__TRY IT__.
The response should be the lines of the data, starting at the first and ending at the one that contains "where more than 64 MiB came.", copied without change.

[Records from a data collection]

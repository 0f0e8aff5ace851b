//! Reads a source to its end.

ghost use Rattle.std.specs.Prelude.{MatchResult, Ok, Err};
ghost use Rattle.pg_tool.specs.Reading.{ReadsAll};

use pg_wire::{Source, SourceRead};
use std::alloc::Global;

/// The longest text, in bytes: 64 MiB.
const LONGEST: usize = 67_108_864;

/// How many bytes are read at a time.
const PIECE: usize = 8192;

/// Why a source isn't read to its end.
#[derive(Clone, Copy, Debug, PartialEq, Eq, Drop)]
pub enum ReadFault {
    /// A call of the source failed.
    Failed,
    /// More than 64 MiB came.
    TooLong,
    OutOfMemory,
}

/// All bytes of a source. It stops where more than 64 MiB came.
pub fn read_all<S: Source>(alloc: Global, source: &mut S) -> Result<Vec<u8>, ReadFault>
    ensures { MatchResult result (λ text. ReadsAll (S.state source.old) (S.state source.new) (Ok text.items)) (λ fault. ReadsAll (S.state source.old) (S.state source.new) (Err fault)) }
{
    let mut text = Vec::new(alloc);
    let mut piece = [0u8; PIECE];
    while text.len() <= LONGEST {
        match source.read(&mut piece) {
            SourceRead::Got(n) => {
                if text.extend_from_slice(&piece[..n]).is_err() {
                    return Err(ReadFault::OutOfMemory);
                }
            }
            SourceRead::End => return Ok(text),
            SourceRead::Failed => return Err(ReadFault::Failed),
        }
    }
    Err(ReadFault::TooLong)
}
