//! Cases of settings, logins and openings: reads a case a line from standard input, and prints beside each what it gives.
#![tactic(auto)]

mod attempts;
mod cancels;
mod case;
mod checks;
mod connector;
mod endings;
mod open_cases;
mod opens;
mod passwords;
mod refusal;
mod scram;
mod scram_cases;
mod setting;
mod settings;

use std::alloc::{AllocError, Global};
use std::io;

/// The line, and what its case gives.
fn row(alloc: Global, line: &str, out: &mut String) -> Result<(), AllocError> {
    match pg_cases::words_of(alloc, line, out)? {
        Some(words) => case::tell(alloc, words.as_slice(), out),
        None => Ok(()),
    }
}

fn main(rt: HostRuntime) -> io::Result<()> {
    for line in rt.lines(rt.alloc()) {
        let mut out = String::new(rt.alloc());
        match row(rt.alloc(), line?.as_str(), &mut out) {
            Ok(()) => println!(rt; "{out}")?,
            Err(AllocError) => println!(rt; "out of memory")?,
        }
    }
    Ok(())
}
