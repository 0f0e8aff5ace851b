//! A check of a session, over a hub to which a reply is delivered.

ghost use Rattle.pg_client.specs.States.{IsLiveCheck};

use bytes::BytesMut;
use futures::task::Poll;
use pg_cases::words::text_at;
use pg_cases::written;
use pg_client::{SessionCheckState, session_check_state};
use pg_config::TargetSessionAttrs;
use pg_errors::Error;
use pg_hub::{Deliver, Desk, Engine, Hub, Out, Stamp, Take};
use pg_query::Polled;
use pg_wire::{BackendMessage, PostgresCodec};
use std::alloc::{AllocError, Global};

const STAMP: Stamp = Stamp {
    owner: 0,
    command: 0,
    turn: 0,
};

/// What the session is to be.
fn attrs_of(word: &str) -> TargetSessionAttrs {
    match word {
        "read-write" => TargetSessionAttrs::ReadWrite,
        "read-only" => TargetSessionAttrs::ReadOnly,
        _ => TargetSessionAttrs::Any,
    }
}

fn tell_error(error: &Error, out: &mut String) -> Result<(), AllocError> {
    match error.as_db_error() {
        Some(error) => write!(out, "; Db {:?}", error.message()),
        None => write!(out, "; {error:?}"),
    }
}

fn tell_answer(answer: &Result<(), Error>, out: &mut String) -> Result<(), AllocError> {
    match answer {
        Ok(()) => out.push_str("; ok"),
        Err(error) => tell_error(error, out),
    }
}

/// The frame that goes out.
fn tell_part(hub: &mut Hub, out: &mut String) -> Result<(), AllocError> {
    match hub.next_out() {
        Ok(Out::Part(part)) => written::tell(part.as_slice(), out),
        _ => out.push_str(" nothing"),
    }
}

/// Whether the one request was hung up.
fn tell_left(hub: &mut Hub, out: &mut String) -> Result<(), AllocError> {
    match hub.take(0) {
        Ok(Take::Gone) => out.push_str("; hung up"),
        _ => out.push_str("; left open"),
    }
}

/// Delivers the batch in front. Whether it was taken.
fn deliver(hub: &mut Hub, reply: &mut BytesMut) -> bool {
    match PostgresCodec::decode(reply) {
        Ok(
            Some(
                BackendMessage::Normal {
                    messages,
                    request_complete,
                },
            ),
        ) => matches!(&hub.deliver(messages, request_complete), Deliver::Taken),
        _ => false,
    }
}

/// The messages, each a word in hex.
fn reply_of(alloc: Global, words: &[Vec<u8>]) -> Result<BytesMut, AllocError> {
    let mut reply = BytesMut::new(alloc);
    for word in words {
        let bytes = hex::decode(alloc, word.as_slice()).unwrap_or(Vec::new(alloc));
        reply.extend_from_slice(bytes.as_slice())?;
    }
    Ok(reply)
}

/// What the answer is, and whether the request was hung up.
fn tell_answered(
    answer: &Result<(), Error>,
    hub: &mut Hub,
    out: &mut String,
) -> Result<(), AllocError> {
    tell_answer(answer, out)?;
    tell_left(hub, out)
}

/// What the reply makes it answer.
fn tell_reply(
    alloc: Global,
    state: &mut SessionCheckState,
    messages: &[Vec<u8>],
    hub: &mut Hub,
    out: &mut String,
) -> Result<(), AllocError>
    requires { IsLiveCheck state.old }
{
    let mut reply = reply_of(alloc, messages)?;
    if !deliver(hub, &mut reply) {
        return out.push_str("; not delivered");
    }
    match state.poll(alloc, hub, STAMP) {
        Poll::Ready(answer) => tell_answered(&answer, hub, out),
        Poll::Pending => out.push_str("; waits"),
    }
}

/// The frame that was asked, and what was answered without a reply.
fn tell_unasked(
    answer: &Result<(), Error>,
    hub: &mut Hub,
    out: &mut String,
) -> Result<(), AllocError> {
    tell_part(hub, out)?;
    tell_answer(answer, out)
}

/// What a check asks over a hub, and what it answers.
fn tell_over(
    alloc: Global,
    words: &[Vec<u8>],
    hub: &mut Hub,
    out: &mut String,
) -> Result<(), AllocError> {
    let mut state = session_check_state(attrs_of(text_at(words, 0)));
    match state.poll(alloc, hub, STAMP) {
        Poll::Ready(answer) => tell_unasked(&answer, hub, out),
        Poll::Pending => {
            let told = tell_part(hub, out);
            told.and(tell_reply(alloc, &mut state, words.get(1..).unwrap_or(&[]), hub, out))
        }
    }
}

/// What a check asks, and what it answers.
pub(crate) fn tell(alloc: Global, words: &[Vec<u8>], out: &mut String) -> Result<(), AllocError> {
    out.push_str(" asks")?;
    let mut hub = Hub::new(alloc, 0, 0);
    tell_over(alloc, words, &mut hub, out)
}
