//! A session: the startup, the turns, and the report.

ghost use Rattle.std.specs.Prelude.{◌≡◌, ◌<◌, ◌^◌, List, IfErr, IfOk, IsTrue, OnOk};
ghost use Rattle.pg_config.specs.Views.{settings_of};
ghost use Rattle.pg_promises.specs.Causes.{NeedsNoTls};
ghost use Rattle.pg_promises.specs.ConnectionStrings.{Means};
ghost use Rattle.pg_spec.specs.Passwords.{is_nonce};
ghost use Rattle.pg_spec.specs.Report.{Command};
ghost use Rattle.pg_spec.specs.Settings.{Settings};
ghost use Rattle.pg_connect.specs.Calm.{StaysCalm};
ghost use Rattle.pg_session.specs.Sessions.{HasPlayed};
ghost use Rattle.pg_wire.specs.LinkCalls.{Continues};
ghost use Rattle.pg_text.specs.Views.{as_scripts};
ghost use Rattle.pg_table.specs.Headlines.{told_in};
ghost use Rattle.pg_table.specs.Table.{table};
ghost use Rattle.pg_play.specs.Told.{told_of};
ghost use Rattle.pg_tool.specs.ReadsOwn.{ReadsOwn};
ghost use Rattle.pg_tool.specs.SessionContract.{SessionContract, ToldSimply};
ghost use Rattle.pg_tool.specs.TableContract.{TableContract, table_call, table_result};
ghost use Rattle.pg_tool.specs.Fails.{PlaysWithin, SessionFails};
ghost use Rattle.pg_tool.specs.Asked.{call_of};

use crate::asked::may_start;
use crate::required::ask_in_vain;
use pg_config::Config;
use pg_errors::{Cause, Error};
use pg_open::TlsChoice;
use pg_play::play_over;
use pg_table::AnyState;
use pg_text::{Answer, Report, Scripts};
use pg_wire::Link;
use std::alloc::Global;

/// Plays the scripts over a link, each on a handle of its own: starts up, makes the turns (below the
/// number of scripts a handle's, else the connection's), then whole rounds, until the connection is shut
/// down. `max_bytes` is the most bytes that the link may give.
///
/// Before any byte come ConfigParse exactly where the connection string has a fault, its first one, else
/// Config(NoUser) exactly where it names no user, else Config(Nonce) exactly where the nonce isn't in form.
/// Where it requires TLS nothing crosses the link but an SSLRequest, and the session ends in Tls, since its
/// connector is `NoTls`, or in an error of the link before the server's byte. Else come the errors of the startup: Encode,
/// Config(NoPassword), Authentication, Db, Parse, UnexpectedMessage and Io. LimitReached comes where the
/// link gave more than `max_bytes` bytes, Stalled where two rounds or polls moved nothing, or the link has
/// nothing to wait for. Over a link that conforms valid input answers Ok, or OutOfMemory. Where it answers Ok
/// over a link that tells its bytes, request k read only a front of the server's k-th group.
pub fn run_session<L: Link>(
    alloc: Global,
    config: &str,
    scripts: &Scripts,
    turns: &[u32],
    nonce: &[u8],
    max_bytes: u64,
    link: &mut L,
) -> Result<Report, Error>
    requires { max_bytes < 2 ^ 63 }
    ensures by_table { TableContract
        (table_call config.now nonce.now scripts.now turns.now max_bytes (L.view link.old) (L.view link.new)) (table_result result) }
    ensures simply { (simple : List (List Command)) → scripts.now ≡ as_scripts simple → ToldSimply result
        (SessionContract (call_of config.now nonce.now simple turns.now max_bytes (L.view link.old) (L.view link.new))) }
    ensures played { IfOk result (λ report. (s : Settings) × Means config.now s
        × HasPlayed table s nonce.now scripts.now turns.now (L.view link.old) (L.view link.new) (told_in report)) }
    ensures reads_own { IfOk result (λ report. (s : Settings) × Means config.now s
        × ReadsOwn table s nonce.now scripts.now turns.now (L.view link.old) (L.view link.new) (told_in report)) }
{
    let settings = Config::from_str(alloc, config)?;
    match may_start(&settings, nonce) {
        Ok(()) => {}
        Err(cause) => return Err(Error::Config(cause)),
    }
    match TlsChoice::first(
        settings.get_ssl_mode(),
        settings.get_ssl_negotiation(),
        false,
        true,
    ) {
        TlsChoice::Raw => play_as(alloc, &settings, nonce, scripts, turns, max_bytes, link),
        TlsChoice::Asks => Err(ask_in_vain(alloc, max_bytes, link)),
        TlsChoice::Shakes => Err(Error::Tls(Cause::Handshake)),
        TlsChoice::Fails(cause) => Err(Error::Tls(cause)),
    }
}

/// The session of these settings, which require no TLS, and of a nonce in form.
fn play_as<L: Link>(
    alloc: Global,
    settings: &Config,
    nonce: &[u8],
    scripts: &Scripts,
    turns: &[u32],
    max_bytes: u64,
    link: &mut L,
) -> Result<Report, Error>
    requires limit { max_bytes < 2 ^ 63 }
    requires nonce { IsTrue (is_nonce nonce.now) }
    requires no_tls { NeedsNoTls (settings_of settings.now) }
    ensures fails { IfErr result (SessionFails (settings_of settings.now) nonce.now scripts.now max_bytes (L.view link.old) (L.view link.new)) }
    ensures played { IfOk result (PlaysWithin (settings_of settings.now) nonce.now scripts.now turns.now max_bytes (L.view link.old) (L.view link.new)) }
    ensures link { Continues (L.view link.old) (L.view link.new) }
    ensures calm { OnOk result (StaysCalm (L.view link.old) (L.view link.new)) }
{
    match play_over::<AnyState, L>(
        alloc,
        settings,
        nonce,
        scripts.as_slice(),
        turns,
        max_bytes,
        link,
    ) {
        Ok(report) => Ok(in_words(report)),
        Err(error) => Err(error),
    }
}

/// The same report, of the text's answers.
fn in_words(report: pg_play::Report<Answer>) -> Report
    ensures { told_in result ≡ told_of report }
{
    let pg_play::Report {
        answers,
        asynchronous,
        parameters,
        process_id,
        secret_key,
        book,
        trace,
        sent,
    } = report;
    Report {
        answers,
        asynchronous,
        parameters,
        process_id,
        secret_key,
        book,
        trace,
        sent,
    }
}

__SOLUTION TO THE PROBLEM__.
repository 0f0e8aff5ace851b
//! Reads a source to its end.

ghost use Rattle.std.specs.Prelude.{MatchResult, Ok, Err};
ghost use Rattle.pg_tool.specs.Reading.{ReadsAll};

use pg_wire::{Source, SourceRead};
use std::alloc::Global;

/// The longest text, in bytes: 64 MiB.
const LONGEST: usize = 67_108_864;

/// How many bytes are read at a time.
const PIECE: usize = 8192;

/// Why a source isn't read to its end.
#[derive(Clone, Copy, Debug, PartialEq, Eq, Drop)]
pub enum ReadFault {
    /// A call of the source failed.
    Failed,
    /// More than 64 MiB came.
    TooLong,
    OutOfMemory,
}

/// All bytes of a source. It stops where more than 64 MiB came.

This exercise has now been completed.